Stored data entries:

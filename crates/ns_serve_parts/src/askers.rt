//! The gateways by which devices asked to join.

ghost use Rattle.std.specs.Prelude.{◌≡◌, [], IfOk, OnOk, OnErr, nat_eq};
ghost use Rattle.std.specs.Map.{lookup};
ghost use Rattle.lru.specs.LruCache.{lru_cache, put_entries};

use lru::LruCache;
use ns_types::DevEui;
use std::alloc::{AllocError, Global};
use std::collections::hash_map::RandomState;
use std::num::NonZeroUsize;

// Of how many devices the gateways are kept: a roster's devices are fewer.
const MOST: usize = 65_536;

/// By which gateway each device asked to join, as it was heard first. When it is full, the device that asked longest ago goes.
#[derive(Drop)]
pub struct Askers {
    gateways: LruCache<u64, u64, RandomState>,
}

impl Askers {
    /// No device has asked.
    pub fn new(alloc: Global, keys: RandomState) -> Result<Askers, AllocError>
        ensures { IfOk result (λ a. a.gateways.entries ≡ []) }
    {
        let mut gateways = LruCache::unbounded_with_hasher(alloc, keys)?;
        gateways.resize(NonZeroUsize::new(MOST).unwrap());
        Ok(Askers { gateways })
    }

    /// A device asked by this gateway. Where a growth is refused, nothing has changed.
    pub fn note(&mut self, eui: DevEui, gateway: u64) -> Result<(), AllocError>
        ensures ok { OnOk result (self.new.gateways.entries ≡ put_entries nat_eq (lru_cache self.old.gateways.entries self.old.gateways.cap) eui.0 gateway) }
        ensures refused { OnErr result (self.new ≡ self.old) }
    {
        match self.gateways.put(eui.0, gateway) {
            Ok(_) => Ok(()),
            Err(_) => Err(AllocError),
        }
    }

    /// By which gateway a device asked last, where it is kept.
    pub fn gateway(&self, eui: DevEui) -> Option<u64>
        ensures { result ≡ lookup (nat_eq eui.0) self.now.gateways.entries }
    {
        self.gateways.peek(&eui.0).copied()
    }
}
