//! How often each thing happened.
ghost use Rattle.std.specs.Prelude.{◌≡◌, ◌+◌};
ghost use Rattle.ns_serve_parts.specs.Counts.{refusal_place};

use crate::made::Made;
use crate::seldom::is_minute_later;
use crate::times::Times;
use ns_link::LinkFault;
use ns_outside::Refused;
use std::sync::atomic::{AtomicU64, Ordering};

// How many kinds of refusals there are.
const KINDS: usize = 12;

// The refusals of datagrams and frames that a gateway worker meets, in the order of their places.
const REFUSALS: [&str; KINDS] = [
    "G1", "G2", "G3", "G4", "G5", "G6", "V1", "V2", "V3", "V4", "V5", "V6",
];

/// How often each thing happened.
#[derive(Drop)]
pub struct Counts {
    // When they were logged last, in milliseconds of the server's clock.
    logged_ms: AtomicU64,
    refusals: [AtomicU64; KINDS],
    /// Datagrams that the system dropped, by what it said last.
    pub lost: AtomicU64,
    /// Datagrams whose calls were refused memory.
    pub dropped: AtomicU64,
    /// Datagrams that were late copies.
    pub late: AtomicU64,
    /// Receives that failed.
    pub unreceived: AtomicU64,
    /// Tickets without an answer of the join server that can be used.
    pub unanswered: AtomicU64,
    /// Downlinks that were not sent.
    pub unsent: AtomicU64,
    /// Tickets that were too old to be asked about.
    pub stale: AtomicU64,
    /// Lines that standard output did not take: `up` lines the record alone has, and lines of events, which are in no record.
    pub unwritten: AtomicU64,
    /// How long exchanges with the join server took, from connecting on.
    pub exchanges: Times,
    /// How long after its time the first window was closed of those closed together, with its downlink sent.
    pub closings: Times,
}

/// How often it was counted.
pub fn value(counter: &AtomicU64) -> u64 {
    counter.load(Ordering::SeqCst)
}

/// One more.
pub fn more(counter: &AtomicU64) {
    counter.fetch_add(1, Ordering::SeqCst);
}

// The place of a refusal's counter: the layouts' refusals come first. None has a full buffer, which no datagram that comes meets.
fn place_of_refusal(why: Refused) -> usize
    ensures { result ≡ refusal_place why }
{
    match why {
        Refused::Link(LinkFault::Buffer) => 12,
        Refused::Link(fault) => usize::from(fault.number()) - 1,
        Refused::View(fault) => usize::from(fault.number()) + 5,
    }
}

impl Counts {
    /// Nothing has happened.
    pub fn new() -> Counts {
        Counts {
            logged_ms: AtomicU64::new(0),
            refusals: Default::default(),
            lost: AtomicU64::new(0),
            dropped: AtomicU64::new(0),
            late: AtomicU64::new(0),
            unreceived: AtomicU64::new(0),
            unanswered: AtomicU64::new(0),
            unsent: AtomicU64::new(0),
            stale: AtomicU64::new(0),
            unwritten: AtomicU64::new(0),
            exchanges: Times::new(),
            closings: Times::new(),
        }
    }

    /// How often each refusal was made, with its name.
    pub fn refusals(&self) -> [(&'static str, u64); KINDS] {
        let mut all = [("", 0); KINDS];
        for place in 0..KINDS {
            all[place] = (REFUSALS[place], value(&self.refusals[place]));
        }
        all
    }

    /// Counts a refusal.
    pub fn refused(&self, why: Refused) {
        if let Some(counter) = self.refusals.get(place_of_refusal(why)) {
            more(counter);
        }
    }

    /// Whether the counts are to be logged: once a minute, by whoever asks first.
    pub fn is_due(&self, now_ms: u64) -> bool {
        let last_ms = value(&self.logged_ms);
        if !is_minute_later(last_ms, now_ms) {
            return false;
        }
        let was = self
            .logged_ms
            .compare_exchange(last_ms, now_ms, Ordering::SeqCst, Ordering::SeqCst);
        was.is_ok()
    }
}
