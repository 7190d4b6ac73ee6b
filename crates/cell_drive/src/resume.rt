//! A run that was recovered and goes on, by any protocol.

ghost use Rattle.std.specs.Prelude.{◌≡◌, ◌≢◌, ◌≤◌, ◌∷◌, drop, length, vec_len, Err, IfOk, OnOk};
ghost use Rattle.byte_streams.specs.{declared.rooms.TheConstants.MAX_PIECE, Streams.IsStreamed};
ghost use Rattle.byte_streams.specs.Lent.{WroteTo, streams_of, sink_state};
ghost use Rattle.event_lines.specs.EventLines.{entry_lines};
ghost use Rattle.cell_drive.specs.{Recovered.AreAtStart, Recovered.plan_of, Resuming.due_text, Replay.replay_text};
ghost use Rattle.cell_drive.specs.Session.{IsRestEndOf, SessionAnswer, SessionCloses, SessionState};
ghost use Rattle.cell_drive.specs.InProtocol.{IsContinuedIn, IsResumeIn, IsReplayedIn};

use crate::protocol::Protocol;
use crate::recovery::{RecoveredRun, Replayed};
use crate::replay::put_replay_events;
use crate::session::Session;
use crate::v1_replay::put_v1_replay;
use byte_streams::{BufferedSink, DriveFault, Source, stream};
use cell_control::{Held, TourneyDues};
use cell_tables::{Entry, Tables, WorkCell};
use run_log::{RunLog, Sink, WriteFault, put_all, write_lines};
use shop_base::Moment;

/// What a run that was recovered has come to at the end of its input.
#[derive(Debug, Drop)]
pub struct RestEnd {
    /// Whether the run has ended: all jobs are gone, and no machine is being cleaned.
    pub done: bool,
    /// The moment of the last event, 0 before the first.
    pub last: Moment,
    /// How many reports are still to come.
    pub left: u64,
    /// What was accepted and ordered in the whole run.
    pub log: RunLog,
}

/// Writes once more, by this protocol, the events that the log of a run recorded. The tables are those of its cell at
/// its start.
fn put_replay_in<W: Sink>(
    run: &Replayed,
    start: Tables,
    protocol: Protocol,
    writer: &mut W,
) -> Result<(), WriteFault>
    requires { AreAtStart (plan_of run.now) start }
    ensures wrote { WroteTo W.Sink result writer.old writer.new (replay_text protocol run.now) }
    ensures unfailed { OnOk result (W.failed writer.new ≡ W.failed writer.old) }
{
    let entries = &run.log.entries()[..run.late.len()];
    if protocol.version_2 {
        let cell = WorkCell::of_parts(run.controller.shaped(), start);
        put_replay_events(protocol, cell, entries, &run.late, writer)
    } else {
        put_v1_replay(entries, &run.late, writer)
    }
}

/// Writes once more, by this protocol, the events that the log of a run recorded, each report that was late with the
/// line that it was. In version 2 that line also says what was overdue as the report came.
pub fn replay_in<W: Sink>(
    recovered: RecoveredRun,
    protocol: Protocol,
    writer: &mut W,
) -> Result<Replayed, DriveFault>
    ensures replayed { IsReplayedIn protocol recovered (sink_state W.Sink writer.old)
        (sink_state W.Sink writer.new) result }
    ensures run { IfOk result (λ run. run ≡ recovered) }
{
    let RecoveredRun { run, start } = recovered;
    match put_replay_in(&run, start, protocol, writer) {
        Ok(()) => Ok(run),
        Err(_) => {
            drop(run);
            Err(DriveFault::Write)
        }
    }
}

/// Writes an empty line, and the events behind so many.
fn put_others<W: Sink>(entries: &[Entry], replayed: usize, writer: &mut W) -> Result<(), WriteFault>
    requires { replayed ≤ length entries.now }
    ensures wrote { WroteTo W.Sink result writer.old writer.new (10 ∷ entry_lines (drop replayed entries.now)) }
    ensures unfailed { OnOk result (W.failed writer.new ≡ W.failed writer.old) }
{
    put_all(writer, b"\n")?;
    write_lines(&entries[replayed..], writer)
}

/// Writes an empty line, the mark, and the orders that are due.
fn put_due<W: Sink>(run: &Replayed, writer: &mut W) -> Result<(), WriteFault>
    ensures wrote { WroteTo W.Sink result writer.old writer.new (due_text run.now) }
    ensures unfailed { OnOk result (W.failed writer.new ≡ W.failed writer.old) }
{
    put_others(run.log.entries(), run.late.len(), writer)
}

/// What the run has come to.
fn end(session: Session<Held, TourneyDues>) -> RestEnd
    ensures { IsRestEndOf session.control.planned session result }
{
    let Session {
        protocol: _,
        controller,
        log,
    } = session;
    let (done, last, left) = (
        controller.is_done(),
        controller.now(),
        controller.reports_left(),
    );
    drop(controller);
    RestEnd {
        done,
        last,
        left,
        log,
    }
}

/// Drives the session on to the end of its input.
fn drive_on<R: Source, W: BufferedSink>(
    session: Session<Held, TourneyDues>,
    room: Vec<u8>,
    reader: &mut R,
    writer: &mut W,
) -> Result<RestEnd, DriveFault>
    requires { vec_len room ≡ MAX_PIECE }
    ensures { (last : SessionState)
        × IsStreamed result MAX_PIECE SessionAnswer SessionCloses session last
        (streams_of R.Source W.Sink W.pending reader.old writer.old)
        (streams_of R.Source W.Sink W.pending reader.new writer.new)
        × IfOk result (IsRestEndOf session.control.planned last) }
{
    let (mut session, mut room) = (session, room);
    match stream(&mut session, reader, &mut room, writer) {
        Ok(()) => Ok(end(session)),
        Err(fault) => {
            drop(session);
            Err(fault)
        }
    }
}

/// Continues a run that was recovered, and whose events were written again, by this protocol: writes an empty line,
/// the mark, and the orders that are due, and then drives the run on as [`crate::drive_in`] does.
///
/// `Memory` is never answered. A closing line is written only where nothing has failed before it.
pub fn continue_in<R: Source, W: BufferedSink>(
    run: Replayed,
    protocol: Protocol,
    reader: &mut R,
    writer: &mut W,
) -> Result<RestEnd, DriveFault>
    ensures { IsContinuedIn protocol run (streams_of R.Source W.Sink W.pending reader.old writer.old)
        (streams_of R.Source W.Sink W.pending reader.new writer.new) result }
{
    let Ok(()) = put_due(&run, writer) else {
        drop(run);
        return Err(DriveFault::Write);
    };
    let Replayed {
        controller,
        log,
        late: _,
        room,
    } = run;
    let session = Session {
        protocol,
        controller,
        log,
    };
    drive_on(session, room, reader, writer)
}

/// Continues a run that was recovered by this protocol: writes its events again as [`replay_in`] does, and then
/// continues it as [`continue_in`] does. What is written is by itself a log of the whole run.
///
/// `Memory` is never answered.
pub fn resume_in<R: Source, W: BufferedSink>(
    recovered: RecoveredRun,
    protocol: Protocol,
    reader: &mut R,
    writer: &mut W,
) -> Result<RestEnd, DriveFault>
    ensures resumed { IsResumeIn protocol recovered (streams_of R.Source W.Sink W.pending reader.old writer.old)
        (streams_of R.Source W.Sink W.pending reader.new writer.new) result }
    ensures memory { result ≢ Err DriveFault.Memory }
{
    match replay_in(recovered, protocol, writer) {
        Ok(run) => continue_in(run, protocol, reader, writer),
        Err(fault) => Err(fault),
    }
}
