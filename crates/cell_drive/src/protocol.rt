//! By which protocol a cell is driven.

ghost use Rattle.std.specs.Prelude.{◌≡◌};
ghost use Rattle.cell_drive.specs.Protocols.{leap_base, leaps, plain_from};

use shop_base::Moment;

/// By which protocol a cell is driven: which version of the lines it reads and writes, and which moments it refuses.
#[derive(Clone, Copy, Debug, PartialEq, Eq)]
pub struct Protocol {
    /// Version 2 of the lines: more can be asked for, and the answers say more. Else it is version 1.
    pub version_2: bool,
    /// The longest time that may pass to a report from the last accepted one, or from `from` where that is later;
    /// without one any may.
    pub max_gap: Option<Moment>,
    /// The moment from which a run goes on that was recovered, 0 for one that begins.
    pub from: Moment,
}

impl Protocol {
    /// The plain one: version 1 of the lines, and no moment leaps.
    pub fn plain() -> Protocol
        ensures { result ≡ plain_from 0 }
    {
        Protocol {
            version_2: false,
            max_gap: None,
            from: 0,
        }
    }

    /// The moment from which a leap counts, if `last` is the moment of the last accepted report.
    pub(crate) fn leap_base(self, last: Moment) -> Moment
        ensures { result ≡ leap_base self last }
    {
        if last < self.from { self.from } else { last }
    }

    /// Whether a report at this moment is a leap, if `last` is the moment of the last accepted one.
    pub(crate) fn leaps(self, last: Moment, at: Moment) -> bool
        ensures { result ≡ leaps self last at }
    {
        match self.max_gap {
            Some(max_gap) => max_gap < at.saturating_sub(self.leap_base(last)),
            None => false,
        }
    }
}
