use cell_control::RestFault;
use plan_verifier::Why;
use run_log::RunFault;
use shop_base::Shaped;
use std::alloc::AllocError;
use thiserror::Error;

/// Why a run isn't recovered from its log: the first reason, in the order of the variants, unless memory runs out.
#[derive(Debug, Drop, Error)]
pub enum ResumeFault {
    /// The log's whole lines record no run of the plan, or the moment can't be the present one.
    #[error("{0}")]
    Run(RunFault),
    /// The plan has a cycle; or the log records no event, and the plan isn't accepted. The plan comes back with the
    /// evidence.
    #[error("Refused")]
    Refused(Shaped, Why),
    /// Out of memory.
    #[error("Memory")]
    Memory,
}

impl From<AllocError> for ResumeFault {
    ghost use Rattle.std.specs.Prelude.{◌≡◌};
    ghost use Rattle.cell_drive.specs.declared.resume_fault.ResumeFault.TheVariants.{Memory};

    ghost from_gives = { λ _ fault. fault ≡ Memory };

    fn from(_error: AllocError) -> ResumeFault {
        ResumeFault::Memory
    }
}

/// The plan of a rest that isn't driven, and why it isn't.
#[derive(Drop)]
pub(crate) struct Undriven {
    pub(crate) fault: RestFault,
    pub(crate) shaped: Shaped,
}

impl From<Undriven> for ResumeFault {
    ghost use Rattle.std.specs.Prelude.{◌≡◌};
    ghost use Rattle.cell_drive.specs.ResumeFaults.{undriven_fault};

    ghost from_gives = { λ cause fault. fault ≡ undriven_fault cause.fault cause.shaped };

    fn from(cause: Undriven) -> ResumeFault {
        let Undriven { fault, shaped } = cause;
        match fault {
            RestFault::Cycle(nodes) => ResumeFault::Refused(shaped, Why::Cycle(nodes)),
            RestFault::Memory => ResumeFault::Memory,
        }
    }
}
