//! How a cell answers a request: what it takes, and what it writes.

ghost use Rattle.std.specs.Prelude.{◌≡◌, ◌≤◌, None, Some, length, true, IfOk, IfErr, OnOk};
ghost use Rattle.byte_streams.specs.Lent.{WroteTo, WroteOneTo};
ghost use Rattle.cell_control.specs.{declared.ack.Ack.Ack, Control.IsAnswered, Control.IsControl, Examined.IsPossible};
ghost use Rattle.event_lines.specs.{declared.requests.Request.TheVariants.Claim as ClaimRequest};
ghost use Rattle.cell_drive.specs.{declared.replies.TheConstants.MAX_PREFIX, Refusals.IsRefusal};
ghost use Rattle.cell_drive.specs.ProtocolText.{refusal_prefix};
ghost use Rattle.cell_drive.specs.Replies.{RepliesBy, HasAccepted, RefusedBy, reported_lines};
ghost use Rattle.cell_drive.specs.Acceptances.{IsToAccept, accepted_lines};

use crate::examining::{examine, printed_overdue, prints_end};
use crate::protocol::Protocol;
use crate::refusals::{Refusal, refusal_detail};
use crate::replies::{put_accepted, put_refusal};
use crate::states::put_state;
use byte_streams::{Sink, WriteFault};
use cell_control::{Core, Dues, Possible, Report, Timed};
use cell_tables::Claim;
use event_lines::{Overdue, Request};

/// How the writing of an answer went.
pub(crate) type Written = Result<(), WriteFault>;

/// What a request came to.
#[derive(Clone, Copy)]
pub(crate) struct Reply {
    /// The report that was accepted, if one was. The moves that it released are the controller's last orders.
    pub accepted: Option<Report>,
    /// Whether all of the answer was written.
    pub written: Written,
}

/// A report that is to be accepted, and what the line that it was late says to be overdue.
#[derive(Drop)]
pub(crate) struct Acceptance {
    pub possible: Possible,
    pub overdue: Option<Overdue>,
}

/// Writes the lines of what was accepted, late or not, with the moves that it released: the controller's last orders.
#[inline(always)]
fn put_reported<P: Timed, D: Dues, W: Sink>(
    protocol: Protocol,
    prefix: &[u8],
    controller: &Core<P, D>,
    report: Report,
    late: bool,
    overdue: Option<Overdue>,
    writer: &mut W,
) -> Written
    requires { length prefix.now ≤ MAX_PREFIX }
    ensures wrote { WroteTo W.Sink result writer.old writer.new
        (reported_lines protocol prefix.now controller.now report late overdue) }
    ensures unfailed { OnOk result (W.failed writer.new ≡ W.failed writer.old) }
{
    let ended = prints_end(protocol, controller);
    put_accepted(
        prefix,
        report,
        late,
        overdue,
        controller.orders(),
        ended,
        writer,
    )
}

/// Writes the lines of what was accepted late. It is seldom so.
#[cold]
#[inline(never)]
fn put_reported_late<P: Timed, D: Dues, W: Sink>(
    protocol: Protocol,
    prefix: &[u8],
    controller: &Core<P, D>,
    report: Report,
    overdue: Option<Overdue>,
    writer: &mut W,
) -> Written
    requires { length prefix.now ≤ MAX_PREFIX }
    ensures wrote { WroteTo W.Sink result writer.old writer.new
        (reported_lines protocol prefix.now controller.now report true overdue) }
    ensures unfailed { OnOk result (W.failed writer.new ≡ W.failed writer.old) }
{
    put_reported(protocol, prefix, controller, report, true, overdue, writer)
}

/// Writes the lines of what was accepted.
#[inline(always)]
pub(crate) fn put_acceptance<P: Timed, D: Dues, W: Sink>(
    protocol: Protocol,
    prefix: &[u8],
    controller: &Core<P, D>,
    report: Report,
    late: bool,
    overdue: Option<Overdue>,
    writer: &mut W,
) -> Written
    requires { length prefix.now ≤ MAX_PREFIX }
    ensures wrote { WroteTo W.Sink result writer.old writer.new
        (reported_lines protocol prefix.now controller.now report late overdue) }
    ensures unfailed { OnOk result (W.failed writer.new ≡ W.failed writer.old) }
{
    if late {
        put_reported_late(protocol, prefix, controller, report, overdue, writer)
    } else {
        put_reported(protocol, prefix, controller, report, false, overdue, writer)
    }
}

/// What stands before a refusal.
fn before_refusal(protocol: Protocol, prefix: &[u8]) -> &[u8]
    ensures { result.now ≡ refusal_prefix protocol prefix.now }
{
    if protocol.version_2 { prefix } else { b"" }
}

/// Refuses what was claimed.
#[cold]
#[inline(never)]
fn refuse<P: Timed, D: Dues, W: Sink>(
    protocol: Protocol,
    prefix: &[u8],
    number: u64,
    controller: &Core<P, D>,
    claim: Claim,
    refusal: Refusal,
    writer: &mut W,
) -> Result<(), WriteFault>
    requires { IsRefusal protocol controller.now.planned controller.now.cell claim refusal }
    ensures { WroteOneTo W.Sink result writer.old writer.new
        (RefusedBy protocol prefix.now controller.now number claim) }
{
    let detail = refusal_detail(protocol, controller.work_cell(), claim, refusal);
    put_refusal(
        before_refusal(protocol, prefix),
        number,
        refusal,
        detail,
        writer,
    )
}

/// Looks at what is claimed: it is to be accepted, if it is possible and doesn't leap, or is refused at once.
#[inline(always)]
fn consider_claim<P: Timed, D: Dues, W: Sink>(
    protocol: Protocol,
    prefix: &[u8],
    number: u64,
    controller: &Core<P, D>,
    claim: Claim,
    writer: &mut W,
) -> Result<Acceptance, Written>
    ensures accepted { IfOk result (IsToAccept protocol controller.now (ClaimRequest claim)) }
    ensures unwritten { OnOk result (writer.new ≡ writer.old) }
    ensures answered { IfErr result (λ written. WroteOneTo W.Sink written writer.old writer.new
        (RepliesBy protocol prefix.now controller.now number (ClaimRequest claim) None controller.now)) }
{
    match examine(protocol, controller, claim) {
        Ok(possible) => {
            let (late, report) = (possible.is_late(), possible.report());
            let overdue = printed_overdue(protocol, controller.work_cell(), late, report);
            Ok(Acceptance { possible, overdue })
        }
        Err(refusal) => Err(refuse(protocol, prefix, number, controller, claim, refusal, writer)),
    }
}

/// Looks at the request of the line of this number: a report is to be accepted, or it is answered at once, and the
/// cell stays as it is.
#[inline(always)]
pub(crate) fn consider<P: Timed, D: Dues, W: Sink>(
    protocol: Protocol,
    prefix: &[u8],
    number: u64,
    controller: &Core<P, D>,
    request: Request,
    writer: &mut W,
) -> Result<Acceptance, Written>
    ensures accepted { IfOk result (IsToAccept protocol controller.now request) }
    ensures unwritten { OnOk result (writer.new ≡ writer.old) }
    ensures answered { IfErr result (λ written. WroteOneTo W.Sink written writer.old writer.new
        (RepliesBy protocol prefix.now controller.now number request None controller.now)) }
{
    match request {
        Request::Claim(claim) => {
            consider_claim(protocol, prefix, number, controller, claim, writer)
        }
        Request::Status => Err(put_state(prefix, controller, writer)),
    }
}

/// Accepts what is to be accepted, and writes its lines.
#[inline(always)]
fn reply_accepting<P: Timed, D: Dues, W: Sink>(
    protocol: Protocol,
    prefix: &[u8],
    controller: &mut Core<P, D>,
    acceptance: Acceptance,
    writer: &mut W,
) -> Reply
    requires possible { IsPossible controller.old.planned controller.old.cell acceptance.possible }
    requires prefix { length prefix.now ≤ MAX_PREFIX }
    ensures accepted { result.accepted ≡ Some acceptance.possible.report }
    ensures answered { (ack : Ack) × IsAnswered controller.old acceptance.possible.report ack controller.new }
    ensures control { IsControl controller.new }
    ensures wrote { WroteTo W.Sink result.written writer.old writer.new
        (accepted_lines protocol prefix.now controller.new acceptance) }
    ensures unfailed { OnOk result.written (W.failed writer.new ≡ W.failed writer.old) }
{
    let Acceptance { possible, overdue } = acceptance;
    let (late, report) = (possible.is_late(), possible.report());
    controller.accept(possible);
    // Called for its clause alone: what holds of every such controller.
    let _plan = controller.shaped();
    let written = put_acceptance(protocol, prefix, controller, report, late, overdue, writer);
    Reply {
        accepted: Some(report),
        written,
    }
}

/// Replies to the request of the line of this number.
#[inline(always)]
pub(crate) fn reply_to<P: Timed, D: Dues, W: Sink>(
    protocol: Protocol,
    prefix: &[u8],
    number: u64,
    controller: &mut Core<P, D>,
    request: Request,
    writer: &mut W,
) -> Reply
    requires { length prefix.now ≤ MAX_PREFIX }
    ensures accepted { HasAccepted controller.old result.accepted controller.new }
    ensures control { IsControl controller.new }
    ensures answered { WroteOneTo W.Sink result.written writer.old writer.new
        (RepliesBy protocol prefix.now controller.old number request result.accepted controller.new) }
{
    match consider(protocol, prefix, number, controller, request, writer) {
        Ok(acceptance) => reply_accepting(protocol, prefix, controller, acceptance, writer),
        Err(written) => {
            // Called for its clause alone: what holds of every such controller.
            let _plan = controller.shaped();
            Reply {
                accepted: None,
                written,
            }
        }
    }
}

- Required action
From the data above, copy every line where "came" appears.

- Answer area
/// line that it was. In version 2 that line also says what was overdue as the report came.
/// What a request came to.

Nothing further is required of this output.